Маликульмульк понял, что перемудрил с переводом. В русском языке слово «махаться» имелось — означало оно ухаживание кавалера за дамой или дамы за кавалером, а происходило от знаков, подаваемых веером, раскрытым или сложенным, коснувшимся лба, виска или носа. В немецком явно было что-то другое, и он объяснил приятелям свою оплошность.
— Нет, отдельного слова еще не придумано, хотя для нужд щеголей и кокеток приспособлено французское «строить куры», — объяснил Давид Иероним. — Скорее всего, Брискорн просто подошел к старому Манчини, а тот или кивнул, или подмигнул. Во всяком случае, если бы нашелся кто-то, кто видел их рядом, было бы неплохо.
— Может быть, мне вернуться к Пинелли и Бенцони, пока они не уехали? — спросил Маликульмульк, не глядя на Паррота. — Кстати, я даже не знаю, когда собираются в дорогу Риенци и Сильвани.

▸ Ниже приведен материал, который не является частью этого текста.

//! Tries check on a table of small sheets, and on sheets made by rule: pairs of types, stray fields, limits.
#![tactic(auto)]

mod cases;
mod limits;
mod pairs;
mod strays;
mod verdict;

use cases::try_cases;
use limits::try_limits;
use pairs::try_pairs;
use strays::try_strays;

fn run(rt: &HostRuntime) -> anyhow::Result<()> {
    try_cases(rt)?;
    try_limits(rt)?;
    try_strays(rt)?;
    try_pairs(rt)
}

fn main(rt: HostRuntime) -> anyhow::Result<()> {
    run(&rt)
}
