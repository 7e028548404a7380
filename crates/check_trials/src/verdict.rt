//! What check says of some rows.
use checker::check;
use sheet::{HeadNumbers, Row, make};

/// A row's code and its first three fields; the others are 0.
pub(crate) fn row(code: u16, a: u16, b: u16, c: u16) -> Row {
    Row {
        code,
        line: 0,
        a,
        b,
        c,
        d: 0,
        r: 0,
        s: 0,
        n: 0,
    }
}

/// The literal of an integer.
pub(crate) fn literal(n: i32) -> Row {
    let mut literal = row(1, 3, 0, 0);
    literal.n = n;
    literal
}

/// The head of a sheet that returns an integer scalar.
pub(crate) fn head(width: u16) -> HeadNumbers {
    HeadNumbers {
        width,
        kind: 3,
        shape: 1,
        r: 1,
        s: 1,
        form: 1,
    }
}

/// The number of a refusal, and the row that is refused: row 0 for a head or rows of which no draft is made.
#[derive(Clone, Copy, Debug, PartialEq, Eq)]
pub(crate) struct Refused {
    pub(crate) number: u16,
    pub(crate) row: usize,
}

/// The number of lines of the checked sheet, or its refusal.
pub(crate) type Verdict = Result<usize, Refused>;

pub(crate) fn verdict(
    rt: &HostRuntime,
    head: HeadNumbers,
    rows: &[Row],
    space: usize,
) -> anyhow::Result<Verdict> {
    let room = sheet::Room::new(rt.alloc(), rows.len())?;
    match make(head, rows, room) {
        Err(refused) => Ok(Err(Refused {
            number: u16::from(refused.refusal),
            row: 0,
        })),
        Ok(draft) => {
            let room = checker::Room::new(rt.alloc(), space)?;
            match check(draft, room) {
                Ok(sheet) => Ok(Ok(sheet.lines().len())),
                Err(refused) => Ok(Err(Refused {
                    number: u16::from(refused.refusal),
                    row: refused.row,
                })),
            }
        }
    }
}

— Есть вероятность, что знак подала Пинелли, поэтому с женщинами об этом лучше не говорить. А мужчины слонялись по гостиным и не смогут вспомнить своих встреч и перемещений. Вряд ли они обращали внимание на Манчини и Никколо, — сказал Паррот. — При старике находился только мальчик. Если я правильно понял, то они не расставались. Значит, его и нужно спрашивать. Если только он с перепугу не откажется отвечать.
— Это верно, — согласился Давид Иероним. — И очень хорошо, что он теперь в замке, где старый Манчини не сможет помешать. Но важно, чтобы он вам доверился. Вы ведь уже говорили с ним?
Маликульмульк задумался.
— Хоть доброе слово ему сказали? Похвалили за игру? — стал подсказывать Гриндель. — Предложили угощение?

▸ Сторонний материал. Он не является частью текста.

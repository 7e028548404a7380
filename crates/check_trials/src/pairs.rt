//! Each infix operator on every pair of kinds and shapes.
use crate::verdict::{Refused, head, literal, row, verdict};
use sheet::Row;
use types::{Kind, Shape};

/// Kind, shape, r and s of a variable: every kind and shape, and sizes that differ.
const TYPES: [(Kind, Shape, u16, u16); 14] = [
    (Kind::Boolean, Shape::Scalar, 1, 1),
    (Kind::Boolean, Shape::Vector, 1, 2),
    (Kind::Boolean, Shape::Matrix, 2, 2),
    (Kind::Character, Shape::Scalar, 1, 1),
    (Kind::Character, Shape::Vector, 1, 2),
    (Kind::Character, Shape::Matrix, 2, 2),
    (Kind::Integer, Shape::Scalar, 1, 1),
    (Kind::Integer, Shape::Vector, 1, 2),
    (Kind::Integer, Shape::Vector, 1, 3),
    (Kind::Integer, Shape::Vector, 1, 8),
    (Kind::Integer, Shape::Matrix, 2, 2),
    (Kind::Integer, Shape::Matrix, 2, 4),
    (Kind::Integer, Shape::Matrix, 4, 2),
    (Kind::Integer, Shape::Interval, 1, 2),
];

/// The declaration of a variable of this type, with nulls.
fn declare((kind, shape, r, s): (Kind, Shape, u16, u16)) -> Row {
    let mut declare = row(20, 65535, u16::from(shape), u16::from(kind));
    declare.r = r;
    declare.s = s;
    declare
}

/// A line for each left type, a mark for each right type: a dot where the pair is accepted, else the last digit.
fn try_infix(rt: &HostRuntime, operator: u16) -> anyhow::Result<()> {
    println!(rt; "infix {operator}")?;
    for left in TYPES {
        for right in TYPES {
            let rows = [
                declare(left),
                declare(right),
                row(3, 0, 0, 0),
                row(3, 1, 0, 0),
                row(5, 2, 3, operator),
                literal(0),
                row(34, 5, 0, 0),
            ];
            match verdict(rt, head(8), &rows, 7)? {
                Ok(_) => print!(rt; ".")?,
                Err(Refused { number, .. }) => print!(rt; "{}", number % 10)?,
            }
        }
        println!(rt; "")?;
    }
    Ok(())
}

pub(crate) fn try_pairs(rt: &HostRuntime) -> anyhow::Result<()> {
    for operator in 1..19u16 {
        try_infix(rt, operator)?;
    }
    Ok(())
}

— Или у меня в голове все помутилось, а память изменила, как театральная девка, или же это дивное дитя за все время, что провело в замке, не произнесло ни единого слова! — воскликнул Маликульмульк. — Ей-Богу, я не помню, чтобы он говорил! Старик — тот ораторствовал почище Цицерона!
— Немой скрипач? — недоверчиво спросил Паррот. — Что-то я про такое не слыхивал.

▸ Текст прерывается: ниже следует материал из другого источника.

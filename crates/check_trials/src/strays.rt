//! Each code with one field more than it names.
use crate::verdict::{Refused, head, row, verdict};
use sheet::Row;

/// A row of this code whose own fields keep the rules, but for what they name.
fn lawful(code: u16) -> Row {
    let kind = match code {
        1 | 2 => 1,
        _ => 0,
    };
    let operator = match code {
        4 | 5 | 10 | 11 | 20 => 1,
        _ => 0,
    };
    let fixed = match code {
        20 => 1,
        _ => 0,
    };
    let mut lawful = row(code, kind, fixed, operator);
    lawful.line = 7;
    lawful.r = fixed;
    lawful.s = fixed;
    lawful
}

/// The row with a 1 in one of its fields.
fn with_one(mut row: Row, field: u8) -> Row {
    match field {
        0 => row.a = 1,
        1 => row.b = 1,
        2 => row.c = 1,
        3 => row.d = 1,
        4 => row.r = 1,
        5 => row.s = 1,
        _ => row.n = 1,
    }
    row
}

/// For each field a 5 where a 1 in it is refused with 5, and a dash where it is not.
fn try_code(rt: &HostRuntime, code: u16) -> anyhow::Result<()> {
    print!(rt; "code {code}: ")?;
    for field in 0..7u8 {
        match verdict(rt, head(8), &[with_one(lawful(code), field)], 1)? {
            Err(Refused { number: 5, .. }) => print!(rt; "5")?,
            _ => print!(rt; "-")?,
        }
    }
    println!(rt; "")?;
    Ok(())
}

pub(crate) fn try_strays(rt: &HostRuntime) -> anyhow::Result<()> {
    for code in 0..36u16 {
        try_code(rt, code)?;
    }
    Ok(())
}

— Отчего нет? — возразил Давид Иероним. — Вот глухой скрипач — это было бы странно. А речь музыканту, если вдуматься, и ни к чему.
— Она ему действительно не нужна — он все чувства способен передать своим смычком… — сказав это, Маликульмульк затосковал: он не был завистлив, но мастерство Никколо Манчини смутило его душу, невольно родился вечный вопрос: «Господи, отчего — ему, отчего не мне?..»
— О чувствах поговорим, когда найдется ваша адская скрипка, — одернул его Паррот. — Мальчик, стало быть, молчал. Мог он молчать от смущения?